(Published in the Truman Doctrine blog, July 11, 2012)
The Moscow round in the talks with Iran over its nuclear program, in which the world powers are ultimately trying to prevent Iran from developing nuclear weapons, collapsed last month. The next round of talks are scheduled to begin soon. This has renewed claims that further talk is futile and harsher measures are required, and counter-arguments that diplomacy is failing precisely because the U.S. refuses to make reasonable and necessary concessions in the negotiations.
One of the central issues in this debate is whether the U.S. should “permit” Iran to enrich uranium for non-military purposes. Israel and its supporters in Congress have pressed for a categorical “red-line” in the negotiations, according to which Iran should be prohibited permanently from any enrichment whatsoever. Others have responded with powerful policy and strategic reasonswhy, on the contrary, a “concession” to acknowledge Iran’s right to develop a peaceful nuclear program, is necessary for there to be any meaningful chance of success in the negotiations. Past U.S. policy has, of course, been that Iran has the right to peaceful nuclear energy development, and the proposed red-line would be a departure from past policy.

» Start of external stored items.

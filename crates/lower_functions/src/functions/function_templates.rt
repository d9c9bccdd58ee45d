//! Templates of functions.
ghost use Rattle.std.specs.Prelude.{◌≡◌, IfOk};
ghost use Rattle.c_layout.specs.CheckedUnits.{function_view};
ghost use Rattle.c_layout.specs.StructViews.{structs_view};
ghost use Rattle.lower_templates.specs.Worklist.Pieces.{template_view};
ghost use Rattle.lower_templates.specs.Worklist.Plans.{plan};
ghost use Rattle.lower_templates.specs.Worklist.Settings.{setting};
ghost use Rattle.lower_functions.specs.Functions.Functions.{numbers_from, setting_of, no_plan, IsTemplate};

use crate::functions::finished_works::finished;
use crate::functions::function_works::push_function;
use c_layout::{Checked, Function};
use lower_templates::worklist::{Builder, Setting, Template, scope_tree};
use std::alloc::{AllocError, Global};

/// The numbers below one, in order.
#[tactic(auto, using(crate::proofs::functions::Numbers::next_number, crate::proofs::functions::Numbers::no_number))]
fn numbers_below(alloc: Global, count: u32) -> Result<Vec<u32>, AllocError>
    ensures { IfOk result (λ v. v.items ≡ numbers_from 0 count) }
{
    let mut list = Vec::new(alloc);
    for number in 0..count {
        list.push(number)?;
    }
    Ok(list)
}

/// What a function's template is made from.
fn new_setting<'a>(
    alloc: Global,
    unit: &'a Checked,
    function: &'a Function,
    is_entry: bool,
) -> Result<Setting<'a>, AllocError>
    ensures { IfOk result (λ s. setting s ≡ setting_of (structs_view unit.now.structs) unit.now.model.pointer unit.now.model.int (function_view function.now) is_entry) }
{
    let tree = scope_tree(alloc, function)?;
    let parameters = numbers_below(alloc, function.parameters)?;
    Ok(Setting {
        structs: &unit.structs,
        pointer: unit.model.pointer,
        int: unit.model.int,
        place: function.place,
        parameters,
        is_entry,
        end: function.labels,
        tree,
    })
}

/// Nothing is planned yet.
fn new_builder<'a>(alloc: Global, labels: u32) -> Result<Builder<'a>, AllocError>
    ensures { IfOk result (λ b. plan b ≡ no_plan labels) }
{
    let labels = labels.checked_add(1).ok_or(AllocError)?;
    Ok(Builder {
        alloc,
        works: Vec::new(alloc),
        names: Vec::new(alloc),
        labels,
        scopes: 2,
        dispatches: Vec::new(alloc),
    })
}

/// The template of a function; that of the entry ends the run.
pub fn template<'a>(
    alloc: Global,
    unit: &'a Checked,
    function: &'a Function,
    is_entry: bool,
) -> Result<Template<'a>, AllocError>
    ensures { IfOk result (λ t. IsTemplate (structs_view unit.now.structs) unit.now.model.pointer unit.now.model.int (function_view function.now) is_entry (template_view t)) }
{
    let cx = new_setting(alloc, unit, function, is_entry)?;
    let mut builder = new_builder(alloc, function.labels)?;
    push_function(&cx, &mut builder, function)?;
    finished(&cx, builder)
}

The claims against Iran are, of course, framed largely in legal terms — and there should, therefore, be a careful consideration of the legal principles that relate to this central issue of Iranian enrichment. And an analysis of the law suggests that a U.S. failure to acknowledge Iran’s right to peaceful enrichment would not only be unprincipled and perhaps unwise, but it would be fundamentally inconsistent with the governing legal regime – the legal regime that is the foundation for our objection to Iran’s program to in the first place.